November 6, 2025 Technical Brief7 min read

Building Evaluation Sets from Real Tickets: A Practical Alternative to Benchmarks

Public benchmarks rarely match internal workflows. This brief shows how to turn a set of real tickets into a repeatable evaluation suite that catches regressions after prompt or indexing changes.

TL;DR

  • Sample tickets by workflow, not by volume, so the suite stays representative.
  • Store expected sources and pass criteria, not full expected answers.
  • Run the suite on every release and keep results per build.
  • Add edge cases from incidents right away so they do not return.

Executive summary

Evaluation is easier when it starts from real work.

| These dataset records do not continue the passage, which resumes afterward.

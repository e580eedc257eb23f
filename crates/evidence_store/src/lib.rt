//! The evidence of an ordered plan while it is made: what keeps a class safe in a round, and the store of it, where equal
//! numberings, before sets and uses stand once.
#![tactic(auto)]

ghost use Rattle.std.specs.Prelude.{◌≡◌, ◌≢◌, ℕ, ◌<◌, ◌≤◌, ◌^◌, length, replicate, None, IfOk, OnOk, IfSome, IfNone};
ghost use Rattle.std.specs.List.{AllByRecursion};
ghost use Rattle.net_base.specs.Members.{IsIn};
ghost use Rattle.certificates.specs.Ordered.{IsPickInForce};
ghost use Rattle.certificates.specs.Valid.{IsPickBefore};
ghost use Rattle.certificates.specs.declared.OrderedPick.{OrderedPick};
ghost use Rattle.evidence_store.specs.Keys.{AreKeysOf};
ghost use Rattle.evidence_store.specs.Numbers.{IsPicked};
ghost use Rattle.evidence_store.specs.Stored.{IsStored, IsWithPick, no_evidence};

mod class_evidence;
mod keys;
mod last_sets;
mod least;
mod safe;
mod uses;

use crate::keys::Keys;
use crate::uses::add_use;
use acyclic_numbering::Numbering;
use certificates::{Befores, Numberings, OrderedEvidence, OrderedPick, OrderedPicks, Uses};
pub use class_evidence::{ClassEvidence, NamedEvidence, evidence_by_last, keeps_safe};
pub use last_sets::LastSets;
use net_base::Memory;
use std::alloc::Global;
use std::marker::Model;

/// The evidence of an ordered plan so far. Equal numberings, equal before sets and equal uses stand once, in the order of
/// first use by the picks, and are found by their hashes.
#[derive(Drop)]
pub struct EvidenceStore {
    alloc: Global,
    keys: Keys,
    evidence: OrderedEvidence,
    in_force: Vec<Option<u32>>,
}

impl Model for EvidenceStore {
    ghost use Rattle.std.specs.Prelude.{ℕ, length};
    ghost use Rattle.certificates.specs.declared.OrderedEvidence.{OrderedEvidence};
    ghost use Rattle.evidence_store.specs.State.{StoreState};

    ghost Value = { StoreState };

    ghost view = { λ s. record { evidence = s.evidence; classes = length s.in_force.items } };

    ghost use Rattle.evidence_store.specs.Kept.{IsStoreKept};

    ghost invariant = { IsStoreKept };
}

/// Evidence of no picks.
fn no_evidence(alloc: Global) -> Result<OrderedEvidence, Memory>
    ensures { IfOk result (λ evidence. evidence ≡ no_evidence) }
{
    let picks = OrderedPicks::make(alloc)?;
    let befores = Befores::make(alloc)?;
    let numberings = Numberings::make(alloc)?;
    let uses = Uses::make(alloc)?;
    Ok(OrderedEvidence {
        numberings,
        befores,
        uses,
        picks,
    })
}

/// For each class that no use is in force.
fn no_uses(alloc: Global, classes: u32) -> Result<Vec<Option<u32>>, Memory>
    ensures { IfOk result (λ uses. uses.items ≡ replicate classes None) }
{
    Ok(vec![in alloc; None; classes as usize]?)
}

/// The class that a pick is for, and the round from which on it is in force.
#[derive(Clone, Copy)]
struct PickPlace {
    round: u32,
    class: u32,
}

/// Adds a pick of a numbering and before sets behind all others. The result is the number of its use. The keys are those of the
/// evidence so far.
fn add_pick_of(
    alloc: Global,
    keys: &mut Keys,
    evidence: &mut OrderedEvidence,
    at: PickPlace,
    numbering: Numbering,
    befores: &Befores,
) -> Result<u32, Memory>
    requires keys { AreKeysOf keys.old evidence.old }
    requires few_numberings { length evidence.old.numberings < 2 ^ 32 }
    requires few_uses { length evidence.old.uses < 2 ^ 32 }
    ensures pick { IfOk result
        (λ shared. IsPicked evidence.old numbering befores.now
        (record { round = at.round; class = at.class; shared = shared }) evidence.new) }
    ensures keys { OnOk result (AreKeysOf keys.new evidence.new) }
{
    let shared = add_use(alloc, keys, evidence, numbering, befores)?;
    evidence.picks.add(OrderedPick {
        round: at.round,
        class: at.class,
        shared,
    })?;
    Ok(shared)
}

/// `add_pick_of`, which also takes the before sets.
fn add_pick(
    alloc: Global,
    keys: &mut Keys,
    evidence: &mut OrderedEvidence,
    at: PickPlace,
    numbering: Numbering,
    befores: Befores,
) -> Result<u32, Memory>
    requires keys { AreKeysOf keys.old evidence.old }
    requires few_numberings { length evidence.old.numberings < 2 ^ 32 }
    requires few_uses { length evidence.old.uses < 2 ^ 32 }
    ensures pick { IfOk result
        (λ shared. IsPicked evidence.old numbering befores
        (record { round = at.round; class = at.class; shared = shared }) evidence.new) }
    ensures keys { OnOk result (AreKeysOf keys.new evidence.new) }
{
    add_pick_of(alloc, keys, evidence, at, numbering, &befores)
}

impl EvidenceStore {
    /// Evidence of no picks, of so many classes, at most 8192.
    pub fn make(alloc: Global, classes: u32) -> Result<EvidenceStore, Memory>
        requires { classes ≤ 8192 }
        ensures { IfOk result (λ s. s ≡ record { evidence = no_evidence; classes = classes }) }
    {
        let in_force = no_uses(alloc, classes)?;
        let evidence = no_evidence(alloc)?;
        Ok(EvidenceStore {
            alloc,
            keys: Keys::make(alloc),
            evidence,
            in_force,
        })
    }

    /// Does nothing: its contract says what every store keeps.
    pub fn keeps_once(&self)
        ensures { IsStored self.now.evidence }
    {
        let _ = &self.evidence;
    }

    /// The evidence so far.
    pub fn evidence(&self) -> &OrderedEvidence
        ensures { result.now ≡ self.now.evidence }
    {
        &self.evidence
    }

    /// The use of the last pick of a class, if there is a pick of it.
    pub fn in_force(&self, class: u32) -> Option<u32>
        requires { class < self.now.classes }
        ensures none { IfNone result
            ((pick : OrderedPick) → IsIn pick self.now.evidence.picks → pick.class ≢ class) }
        ensures some { IfSome result
            (λ use_. (round : ℕ) → AllByRecursion (λ p. p.round ≤ round) self.now.evidence.picks
            → (pick : OrderedPick) × IsPickInForce self.now.evidence.picks round class pick
            × (pick.shared ≡ use_)) }
    {
        self.in_force[class as usize]
    }

    /// The store with one pick more, of a round and a class, behind all others, by what it means. A refusal loses the store.
    /// Up to the last round of a plan there are too few picks for their numbers to pass 32 bits.
    pub fn add(
        self,
        round: u32,
        class: u32,
        numbering: Numbering,
        befores: Befores,
    ) -> Result<EvidenceStore, Memory>
        requires class { class < self.classes }
        requires few_rounds { round ≤ 4200 }
        requires behind { AllByRecursion
            (λ p. IsPickBefore p (record { round = round; class = class; shared = 0 }))
            self.evidence.picks }
        ensures pick { IfOk result
            (λ s. IsWithPick self.evidence round class numbering befores s.evidence) }
        ensures classes { IfOk result (λ s. s.classes ≡ self.classes) }
    {
        let mut store = self;
        let added = add_pick(
            store.alloc,
            &mut store.keys,
            &mut store.evidence,
            PickPlace { round, class },
            numbering,
            befores,
        );
        match added {
            Ok(shared) => {
                store.in_force[class as usize] = Some(shared);
                Ok(store)
            }
            Err(memory) => {
                drop(store.keys);
                drop(store.evidence);
                Err(memory)
            }
        }
    }

    /// The evidence.
    pub fn into_evidence(self) -> OrderedEvidence
        ensures { result ≡ self.evidence }
    {
        self.evidence
    }
}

We describe how to build a ticket-based evaluation set that teams can run on every release. The method focuses on coverage, not academic scoring: select representative workflows, define what “pass” looks like, and track results over time. The key is keeping the set small enough to run often and strict enough to catch meaningful regressions.

Why it matters

Teams lose confidence when assistants change behavior unexpectedly. Small indexing tweaks can break citations. Prompt changes can fix one workflow and quietly damage another. A ticket-based evaluation set makes changes safer and speeds up iteration because failures are concrete and tied to business tasks.

What we built

  • A sampling method that selects tickets across workflows, complexity, and required permissions.
  • A pass criteria template covering source correctness, required entities, and safe refusal cases.
  • A replay harness that logs retrieval context and compares results per release.
  • A process for adding new tests from incidents and supervisor feedback.

Observed outcomes

  • Fewer regressions shipped after gating prompt and indexing changes on the suite.
  • Quicker root-cause analysis because failing cases carried retrieval and metadata traces.
  • Improved stakeholder trust once quality was reported as trends, not anecdotes.

Implementation notes

  • Redact sensitive ticket data before storing it in test fixtures.
  • Keep expected sources flexible. Focus on correct policy or runbook, not exact wording.
  • Tag each test by workflow so teams can see which areas are affected by a change.
  • If the suite grows too big, rotate: keep a core set and a weekly extended set.

Governance and risk

  • Test data is still data. Apply retention, access, and redaction rules.
  • Avoid using customer identifiers in prompts or fixtures.
  • Document who can modify the suite; quality gates should be controlled.

Release checklist

  • Do tests cover key workflows and not only frequent tickets?
  • Do pass criteria include citation or source checks?
  • Is the suite run on every release?
  • Are results stored and comparable over time?
  • Do incidents feed back into new tests quickly?

Conclusion

A good evaluation set looks like your work, not a benchmark leaderboard. Start from tickets, define pass criteria, and run the suite often. Teams will ship changes with fewer surprises.